**** GIVEN DATA
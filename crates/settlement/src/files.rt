// Two key-row files that take the same rows.
ghost use Rattle.std.specs.Prelude.{◌≡◌, []};
ghost use Rattle.byte_strings.specs.Texts.{text};
ghost use Rattle.storage.specs.Checks.{leaves};
ghost use Rattle.storage.specs.Pairs.{placed};

use storage::{KeyRow, KeyRowFile, RowFault};

#[derive(Drop)]
pub(crate) struct BothFiles<T: KeyRowFile, C: KeyRowFile> {
    pub(crate) table: T,
    pub(crate) chain: C,
}

impl<T: KeyRowFile, C: KeyRowFile> BothFiles<T, C> {
    // The row goes into both files, or both are left as they were: what the table took in it gives back, which is never
    // refused.
    #[tactic(auto, using(storage::proofs::OwnPair::dropped_again))]
    pub(crate) fn add(&mut self, row: &KeyRow) -> Result<(), RowFault>
        ensures table { T.OrderedReading.pairs self.new.table ≡ leaves result (placed (text row.now) [] (T.OrderedReading.pairs self.old.table)) (T.OrderedReading.pairs self.old.table) }
        ensures chain { C.OrderedReading.pairs self.new.chain ≡ leaves result (placed (text row.now) [] (C.OrderedReading.pairs self.old.chain)) (C.OrderedReading.pairs self.old.chain) }
    {
        let row = row.as_slice();
        self.table.add(row)?;
        if let Err(fault) = self.chain.add(row) {
            self.table.drop_row(row)?;
            return Err(fault);
        }
        Ok(())
    }
}
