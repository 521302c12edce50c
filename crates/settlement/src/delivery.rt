// A delivery, as a line gives it.
ghost use Rattle.std.specs.Prelude.{◌≡◌, ℕ, List, length, Some};
ghost use Rattle.byte_strings.specs.Texts.{text};
ghost use Rattle.settlement.specs.Delivery.{row_of};

use crate::code::Code;
use crate::flaw::Flaw;
use crate::money::Cents;
use std::alloc::Global;
use storage::KeyRow;

// The specifier of the alternate key 'region'.
const REGION_KEY: [u8; 2] = *b"RG";

pub(crate) const KEY_LEN: usize = 6;

pub(crate) type Key = Code<KEY_LEN>;

const REGION_LEN: usize = 2;

pub(crate) type Region = Code<REGION_LEN>;

#[derive(Drop)]
pub(crate) struct Delivery {
    pub(crate) key: Key,
    pub(crate) region: Region,
    pub(crate) amount: Cents,
    pub(crate) supplier: String,
}

impl Delivery {
    // Reads `KEY REGION CENTS SUPPLIER`, one blank apart; the supplier is the rest of the line.
    pub(crate) fn read(heap: Global, line: &str) -> Result<Delivery, Flaw> {
        let (key, rest) = line.split_once(' ').ok_or(Flaw::Words)?;
        let (region, rest) = rest.split_once(' ').ok_or(Flaw::Words)?;
        let (cents, supplier) = rest.split_once(' ').ok_or(Flaw::Words)?;
        let key = Key::read(key, u8::is_ascii_alphanumeric).ok_or(Flaw::Key)?;
        let region = Region::read(region, u8::is_ascii_uppercase).ok_or(Flaw::Region)?;
        if supplier.trim().is_empty() {
            return Err(Flaw::Supplier);
        }
        Ok(Delivery {
            key,
            region,
            amount: cents.parse()?,
            supplier: String::from_str(heap, supplier)?,
        })
    }

    // The row of this delivery in the key-row file: specifier, region, key.
    pub(crate) fn row(&self) -> KeyRow
        ensures { text result ≡ row_of self.now.region self.now.key }
    {
        let front = KeyRow::joined(&REGION_KEY, self.region.as_bytes());
        KeyRow::joined(front.as_slice(), self.key.as_bytes())
    }
}

// The key at the end of a row.
#[tactic(auto, using(crate::proofs::RowEnds::key_at_end))]
pub(crate) fn key_of(row: &KeyRow) -> Option<Key>
    ensures { (region key : List ℕ) → length key ≡ KEY_LEN → text row.now ≡ row_of region key → result ≡ Some key }
{
    let (_, key) = row.as_slice().split_last_chunk()?;
    Some(Code::from(*key))
}

// The region before it.
#[tactic(auto, using(crate::proofs::RowEnds::front_of_row))]
pub(crate) fn region_of(row: &KeyRow) -> Option<Region>
    ensures { (region key : List ℕ) → length region ≡ REGION_LEN → length key ≡ KEY_LEN → text row.now ≡ row_of region key → result ≡ Some region }
{
    let (front, _) = row.as_slice().split_last_chunk::<KEY_LEN>()?;
    Some(Code::from(*front.last_chunk()?))
}
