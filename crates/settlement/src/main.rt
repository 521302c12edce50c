// The settlement firm's batch: deliveries come in, one a line, and each region's list with its sum goes out. The
// lists are read along the alternate key 'region', from two key-row files of different make that must agree.
#![tactic(auto)]

mod batch;
mod code;
mod delivery;
mod files;
mod flaw;
mod money;
mod report;

use anyhow::{anyhow, bail};
use batch::Batch;
use row_chain::{RowChain, Slot};
use row_table::RowTable;
use std::env;
use std::io::BufReader;
use std::rt::Env;
use storage::{KeyRow, MOST_ROWS};

// The row limit where the program is given none.
const USUAL_ROWS: usize = 4_096;

const OUT_OF_RANGE: &str = "the row limit is not 1 to 16384";

fn main(rt: HostRuntime) -> anyhow::Result<()> {
    let heap = rt.alloc();
    let limit = row_limit(&rt)?;
    let held = limit.min(MOST_ROWS);
    // as rows_alike makes them, which differs in size and words
    let mut cells = vec![in heap; KeyRow::empty(); held]?;
    let mut slots = vec![in heap; Slot::unused(); held]?;
    // no `map_err`: it takes a `&mut` in either variant, which the borrow checker does not cover
    let Ok(table) = RowTable::new(cells.as_mut_slice(), limit) else {
        bail!(OUT_OF_RANGE);
    };
    let Ok(chain) = RowChain::new(slots.as_mut_slice(), limit) else {
        bail!(OUT_OF_RANGE);
    };
    let mut batch = Batch::new(heap, table, chain);
    batch.take_in_lines(&rt, BufReader::new(heap, rt.stdin())?)?;
    batch.print(&rt)
}

// The first argument, a number of rows.
fn row_limit(rt: &(impl AllocGlobal + Env)) -> anyhow::Result<usize> {
    let Some(word) = env::args(rt)?.nth(1) else {
        return Ok(USUAL_ROWS);
    };
    word.as_str()
        .parse()
        .map_err(|_| anyhow!("the row limit is no number"))
}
********
(WORK TO BE COMPLETED): Leave out every line above except those from the line with "return Err(fault);" up to and including the line with "use crate::code::Code;", and copy those exactly.

(EXERCISE ANSWER):
            return Err(fault);
        }
        Ok(())
    }
}
repository 521302c12edce50c
filename crates/settlement/src/delivery.rt
// A delivery, as a line gives it.
ghost use Rattle.std.specs.Prelude.{◌≡◌, ℕ, List, length, Some};
ghost use Rattle.byte_strings.specs.Texts.{text};
ghost use Rattle.settlement.specs.Delivery.{row_of};

use crate::code::Code;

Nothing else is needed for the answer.